Feb. 26, 2023 – Although the Drug Enforcement Agency wants to continue many of the pandemic-era flexibilities for prescribing controlled substances via telemedicine, it plans to make changes on the prescribing criteria for ADHD medications and highly addictive drugs like opioids, the agency announced Friday.
If approved, the changes will take effect when the public health emergency ends on May 11.
“DEA is committed to ensuring that all Americans can access needed medications,” said DEA Administrator Anne Milgram in a statement. “The permanent expansion of telemedicine flexibilities would continue greater access to care for patients across the country, while ensuring the safety of patients. DEA is committed to the expansion of telemedicine with guardrails that prevent the online overprescribing of controlled medications that can cause harm.”
The proposed rules are designed to help medical providers ensure what is known as “continuity of care,” meaning that patients can continue to get most treatments while being given the time to arrange in-person visits.

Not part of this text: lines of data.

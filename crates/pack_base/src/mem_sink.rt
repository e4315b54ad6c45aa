//! A sink in memory, which fails where it is told to.
ghost use Rattle.std.specs.Prelude.{◌≡◌, ◌≤◌, ◌⊎◌, ◌++◌, ◌∷◌, [], Some, IsErr, OnOk, OnErr};
ghost use Rattle.pack_base.specs.Counts.{HasCause, Rose};
ghost use Rattle.pack_base.specs.Outside.{SaidPart, and_said};

use crate::failures::Failures;
use crate::outside::{Failed, Sink};
use pack_model::Memory;
use std::alloc::Global;

/// Keeps what was said in memory. A call of `say` fails where `fail_at` lists its number, and for want of memory,
/// which `refused` counts.
#[derive(Drop)]
pub struct MemSink {
    said: Vec<u8>,
    failures: Failures,
    faults: u64,
    refused: u64,
}

impl MemSink {
    ghost use Rattle.pack_base.specs.MemSink.{IsNewSink, SameButListed, listed_of, refused_of, said_to};

    /// A sink to which nothing was said, whose calls all succeed so far.
    pub fn new(alloc: Global) -> MemSink
        ensures { IsNewSink result }
    {
        MemSink {
            said: Vec::new(alloc),
            failures: Failures::new(alloc),
            faults: 0,
            refused: 0,
        }
    }

    /// Lets the call of `say` with this number fail, counted from 1.
    pub fn fail_at(&mut self, call: u64) -> Result<(), Memory>
        ensures ok { OnOk result (listed_of self.new ≡ listed_of self.old ++ call ∷ []) }
        ensures err { OnErr result (listed_of self.new ≡ listed_of self.old) }
        ensures same { SameButListed self.old self.new }
    {
        self.failures.list(call)
    }

    /// All that was said.
    pub fn said(&self) -> &[u8]
        ensures { said_to self.now ≡ Some result.now }
    {
        &self.said
    }

    /// How many growths were refused, at most 2^64 - 1.
    pub fn refused(&self) -> u64
        ensures { result ≡ refused_of self.now }
    {
        self.refused
    }
}

impl Sink for MemSink {
    ghost use Rattle.pack_base.specs.MemSink.{CallMade, FailsNext, faults_of, refused_of, said_to};

    ghost said = { said_to };

    ghost faults = { faults_of };

    fn say(&mut self, bytes: &[u8]) -> Result<(), Failed>
        ensures said { OnOk result (said_to self.new ≡ and_said (said_to self.old) bytes.now) }
        ensures part { OnErr result (SaidPart bytes.now (said_to self.old) (said_to self.new)) }
        ensures later { faults_of self.old ≤ faults_of self.new }
        ensures cause { HasCause (faults_of self.old) (faults_of self.new) result }
        ensures quiet { OnOk result (faults_of self.new ≡ faults_of self.old) }

        // It fails exactly at a listed call, or where a growth was refused.
        ensures listed { FailsNext self.old → IsErr result }
        ensures fails { OnErr result (FailsNext self.old ⊎ Rose (refused_of self.old) (refused_of self.new)) }
        ensures call { CallMade self.old self.new }
        ensures refused { OnOk result (refused_of self.new ≡ refused_of self.old) }
    {
        if self.failures.next_fails() {
            self.faults = self.faults.saturating_add(1);
            return Err(Failed);
        }
        match self.said.extend_from_slice(bytes) {
            Ok(()) => Ok(()),
            Err(_) => {
                self.refused = self.refused.saturating_add(1);
                self.faults = self.faults.saturating_add(1);
                Err(Failed)
            }
        }
    }
}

If someone has seen their provider in person, they can later be prescribed any controlled substance via a telemedicine visit. Additionally, if someone has seen a provider in-person, and that initial provider sends a referral to another provider, such as a specialist, then the specialist can prescribe a controlled substance via telemedicine.
The proposed limitations, which apply to schedule II through V substances, are as follows:
- Schedule II substances -- such as opioids, Adderall, and Vicodin -- require an in-person visit.
- Schedule III through V substances can be prescribed for 30 days after an initial telemedicine visit, but then an in-person visit is required for a refill.
- Buprenorphine for treatment of substance abuse can be prescribed for 30 days after an initial telemedicine visit, but then an in-person visit is required for a refill.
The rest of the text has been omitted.